I need to display some values that are stored in a website, for that I need to scrape the website and fetch the content from the table. Any ideas?
If you are familiar with jQuery you might want to check out pQuery, which makes this very easy:
## print every <h2> tag in page
use pQuery;
pQuery("http://google.com/search?q=pquery")
->find("h2")
->each(sub {
my $i = shift;
print $i + 1, ") ", pQuery($_)->text, "\n";
});
There's also HTML::DOM.
Whatever you do, though, don't use regular expressions for this.
I have used HTML Table Extract in the past. I personally find it a bit clumsy to use, but maybe I did not understand the object model well. I usually use this part of the manual to examine the data:
use HTML::TableExtract;
$te = HTML::TableExtract->new();
$te->parse($html_string);
# Examine all matching tables
foreach $ts ($te->tables) {
print "Table (", join(',', $ts->coords), "):\n";
foreach $row ($ts->rows) {
print join(',', @$row), "\n";
}
}`
I use LWP::UserAgent for most of my screen scraping needs. You can also Couple that with HTTP::Cookies if you need Cookies support.
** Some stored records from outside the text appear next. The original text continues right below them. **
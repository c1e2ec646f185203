//! Sets of positions that take no memory once they are made.

ghost use Rattle.std.specs.Prelude.{◌≡◌, ℕ, ◌<◌, ◌↔◌, false, true, take, length, replicate, slice_set, All, Contains, IfOk};
ghost use Rattle.xs_regex.specs.Sets.{Has};

use std::alloc::{AllocError, Global};
use std::marker::Model;

/// A set of numbers below a bound. Contracts see a flag for each number below it.
#[derive(Drop)]
pub(crate) struct PositionSet {
    flags: Vec<bool>,
    /// The numbers whose flag is set, each of them once. There is room for all below the bound.
    members: Vec<u32>,
}

impl Model for PositionSet {
    ghost use Rattle.std.specs.Prelude.{List, Bool, vec_capacity};

    ghost Value = { List Bool };

    ghost use Rattle.xs_regex.specs.Listed.{IsListed};

    ghost view = { λ set. set.flags.items };

    ghost invariant = { λ set. IsListed set.flags.items set.members.items (vec_capacity set.members) };
}

impl PositionSet {
    /// The empty set of numbers below the count.
    pub(crate) fn new(alloc: Global, count: u32) -> Result<PositionSet, AllocError>
        ensures { IfOk result (λ set. set ≡ replicate count false) }
    {
        let count = count as usize;
        Ok(PositionSet {
            flags: vec![in alloc; false; count]?,
            members: Vec::with_capacity(alloc, count)?,
        })
    }

    /// The numbers of the set.
    pub(crate) fn members(&self) -> &[u32]
        ensures { (p : ℕ) → Contains result.now p ↔ Has self.now p }
    {
        &self.members
    }

    /// Puts the number into the set.
    pub(crate) fn insert(&mut self, p: u32)
        requires { p < length self.old }
        ensures { self.new ≡ slice_set self.old p true }
    {
        if !self.flags[p as usize] {
            self.flags[p as usize] = true;
            self.members.push_reserved(p);
        }
    }

    /// Takes all numbers out of the set.
    pub(crate) fn clear(&mut self)
        ensures empty { (p : ℕ) → ¬ Has self.new p }
        ensures size { length self.new ≡ length self.old }
    {
        clear_flags(&mut self.flags, &self.members);
        self.members.clear();
    }
}

/// Clears the flags of these numbers.
fn clear_flags(flags: &mut Vec<bool>, members: &[u32])
    requires { All (λ p. p < length flags.old.items) members.now }
    ensures members { (p : ℕ) → Contains members.now p → ¬ Has flags.new.items p }
    ensures others { (p : ℕ) → Has flags.new.items p → Has flags.old.items p }
    ensures size { length flags.new.items ≡ length flags.old.items }
{
    for p in members {
        flags[*p as usize] = false;
    }
}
Here's a simple example on how to get source.
use LWP;
use HTTP::Cookies;
my $cookie_jar = HTTP::Cookies->new;
my $browser = LWP::UserAgent->new;
$browser->cookie_jar($cookie_jar);
$resp = $browser->get("https://www.stackoverflow.com");
if($resp->is_success) {
# Play with your source here
$source = $resp->content;
$source =~ s/^.*<table>/<table>/i; # this is just an example
print $source; # not a solution to your problem.
}
Although I've generally done this with LWP/LWP::Simple, the current 'preferred' module for any sort of webpage scraping in Perl is WWW::Mechanize.
If you're familiar with XPath, you can also use HTML::TreeBuilder::XPath. And if you're not... well you should be ;--)
For similar Stackoverflow questions have a look at....
- How can I extract URLs from a web page in Perl
- How can I extract XML of a website and save in a file using Perl’s LWP?
I do like using pQuery for things like this however Web::Scraper does look interesting.
/I3az/
I don't mean to drag up a dead thread but anyone googling across this thread should also checkout WWW::Scripter - 'For scripting web sites that have scripts'
happy remote data aggregating ;)
Take a look at the magical Web::Scraper, it's THE tool for web scraping.